> Work request
Filter the records below and copy every line containing the word "Merge".

Saved entries:

· · ·

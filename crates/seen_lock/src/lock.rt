ghost use Rattle.std.specs.Prelude.{◌≡◌, ◌+◌, ◌^◌, ◌<◌, [], ◌∷◌, ◌++◌, max, IfOk, OnOk, OnErr};
ghost use Rattle.seen_lock.specs.Histories.{longer};
ghost use Rattle.seen_lock.specs.Seats.{IsSeatOf, SameSeat, IsTold, SeesMore, AllJoined, IsClosed, seen, own_calls, joined_calls, joined_seen};

use crate::held::{Held, add_call};
use crate::knowledge::Known;
use crate::object::{Entry, Object};
use crate::rule::{LockRule, Merge, Part};
use crate::turn::{put_back, put_longer, take_turn};
use atomic_table::{Refused, Seat, Table};
use std::alloc::{AllocError, Global};
use std::marker::Model;
use std::snapshot::Snapshot;
use std::sync::Wait;

/// A lock over an object, and the history of the calls that were made through it. Contracts see which lock it is, and
/// the state with which it was made.
#[derive(Drop)]
pub struct SeenLock<O: Object> {
    table: Table<
        Option<Held<O::State, O::Call>>,
        Option<Known<O::State, O::Call>>,
        Snapshot<O::State>,
        LockRule<O>,
        Global,
    >,
}

impl<O: Object> Model for SeenLock<O> {
    ghost use Rattle.std.specs.Prelude.{◌≡◌};
    ghost use Rattle.seen_lock.specs.Seats.{LockView};

    ghost Value = { LockView O.State };

    ghost view = { λ l. record { lock = l.table.shared.table_id; first = l.table.shared.key.value } };

    ghost invariant = { λ l. (l.table.shared.table_id.words ≡ 3) × (l.table.shared.table_id.slots ≡ 1) };
}

/// One caller of a lock.
#[derive(Drop)]
pub struct SeenSeat<O: Object> {
    seat: Seat<Option<Held<O::State, O::Call>>, Option<Known<O::State, O::Call>>>,
    number: u32,
    made: u32,
}

impl<O: Object> Model for SeenSeat<O> {
    ghost use Rattle.std.specs.Prelude.{◌≡◌, []};
    ghost use Rattle.seen_lock.specs.Seats.{SeatView};

    ghost Value = { SeatView O.State O.Call };

    ghost view = { λ s. record { lock = s.seat.table_id; number = s.number; made = s.made; view = s.seat.me.0 } };

    ghost invariant = { λ s. s.seat.me.1 ≡ [] };
}

impl<O: Object> SeenLock<O> {
    /// A lock with an empty history over an object in this state, and its seat number 0.
    pub fn new(alloc: Global, state: O::State) -> Result<(SeenLock<O>, SeenSeat<O>), AllocError>
        ensures first { IfOk result (λ r. r.0.first ≡ state) }
        ensures seat { IfOk result (λ r. IsSeatOf r.0 r.1) }
        ensures number { IfOk result (λ r. (r.1.number ≡ 0) × (r.1.made ≡ 0)) }
        ensures nothing_seen { IfOk result (λ r. (seen r.1 ≡ []) × (own_calls r.1 ≡ []) × (joined_calls r.1 ≡ []) × (joined_seen r.1 ≡ [])) }
    {
        let first = Snapshot::of(&state);
        let mut slots = Vec::with_capacity(alloc, 1)?;
        slots.push_reserved(Some(Held {
            history: Vec::new(alloc),
            state,
        }));
        match Table::new(alloc, &[0, 0, 0], slots, &first) {
            Ok((table, seat)) => Ok((
                SeenLock { table },
                SeenSeat {
                    seat,
                    number: 0,
                    made: 0,
                },
            )),
            Err(Refused { slots: _ }) => Err(AllocError),
        }
    }

    /// Makes a call, and answers its reply and its place in the history. It may wait for another caller.
    ///
    /// The one error is want of memory: then this call has changed neither history nor state, and the seat's own calls
    /// are as before.
    pub fn call<R: Wait>(
        &self,
        rt: &R,
        seat: &mut SeenSeat<O>,
        call: O::Call,
    ) -> Result<(O::Reply, u64), AllocError>
        requires seat { IsSeatOf self.now seat.old }
        requires allowed { O.allowed self.now.first call }
        ensures seat { IsSeatOf self.now seat.new }
        ensures same { SameSeat seat.old seat.new }
        ensures told { IfOk result (λ r. IsTold O.after O.reply self.now seat.old seat.new call r.0 r.1) }
        ensures refused { OnErr result (SeesMore seat.old seat.new) }
    {
        let shared = &self.table.shared;
        let mut held = take_turn(rt, shared, &mut seat.seat);
        let place = held.history.len() as u64;
        match add_call::<O>(&mut held, seat.number, call) {
            Ok(reply) => {
                put_longer(shared, &mut seat.seat, held);
                Ok((reply, place))
            }
            Err(error) => {
                put_back(shared, &mut seat.seat, held);
                Err(error)
            }
        }
    }

    /// Makes the seat with the next number: it has seen what seat 0 has seen, and has made no calls. It needs no
    /// memory; after an error the seat would be as before, its count of seats too.
    pub fn split(&self, seat: &mut SeenSeat<O>) -> Result<SeenSeat<O>, AllocError>
        requires seat { IsSeatOf self.now seat.old }
        requires zero { seat.old.number ≡ 0 }
        requires room { seat.old.made + 1 < 2 ^ 32 }
        ensures seat { IsSeatOf self.now seat.new }
        ensures made { OnOk result ((seat.new.number ≡ 0) × (seat.new.made ≡ seat.old.made + 1)) }
        ensures refused { OnErr result (seat.new ≡ seat.old) }
        ensures same { (seen seat.new ≡ seen seat.old) × (own_calls seat.new ≡ own_calls seat.old) × (joined_calls seat.new ≡ joined_calls seat.old) × (joined_seen seat.new ≡ joined_seen seat.old) }
        ensures new { IfOk result (λ s. IsSeatOf self.now s) }
        ensures number { IfOk result (λ s. (s.number ≡ seat.old.made + 1) × (s.made ≡ 0)) }
        ensures sees { IfOk result (λ s. (seen s ≡ seen seat.old) × (own_calls s ≡ []) × (joined_calls s ≡ []) × (joined_seen s ≡ [])) }
    {
        let number = seat.made + 1;
        let seat_made = self.table.shared.split_seat::<Part>(&mut seat.seat);
        seat.made = number;
        Ok(SeenSeat {
            seat: seat_made,
            number,
            made: 0,
        })
    }

    /// Takes another seat in: from now on this seat answers for the calls of both, and it has seen the longer of the two
    /// histories.
    pub fn join(&self, seat: &mut SeenSeat<O>, other: SeenSeat<O>)
        requires seat { IsSeatOf self.now seat.old }
        requires other { IsSeatOf self.now other }
        ensures seat { IsSeatOf self.now seat.new }
        ensures number { (seat.new.number ≡ seat.old.number) × (seat.new.made ≡ max seat.old.made other.made) }
        ensures longer { seen seat.new ≡ longer (seen seat.old) (seen other) }
        ensures own { own_calls seat.new ≡ own_calls seat.old }
        ensures joined { joined_calls seat.new ≡ joined_calls seat.old ++ (other.number, own_calls other) ∷ joined_calls other }
        ensures heard { joined_seen seat.new ≡ joined_seen seat.old ++ seen other ∷ joined_seen other }
    {
        let SeenSeat {
            seat: joined,
            number: _,
            made,
        } = other;
        seat.made = seat.made.max(made);
        self.table.shared.join_seat::<Merge>(&mut seat.seat, joined);
    }

    /// Ends the lock, and hands out its history and the state that it leads to.
    pub fn close(self, seat: SeenSeat<O>) -> (Vec<Entry<O::Call>>, O::State)
        requires seat { IsSeatOf self seat }
        requires all { AllJoined seat }
        ensures { IsClosed O.after O.allowed self seat result.0.items result.1 }
    {
        let SeenLock { table } = self;
        let SeenSeat {
            seat,
            number: _,
            made: _,
        } = seat;
        let mut closed = table.close_with(seat);
        let held = closed.take(0).unwrap();
        closed.free();
        (held.history, held.state)
    }
}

· · ·

> Solution for this exercise
use crate::rule::{LockRule, Merge, Part};
        self.table.shared.join_seat::<Merge>(&mut seat.seat, joined);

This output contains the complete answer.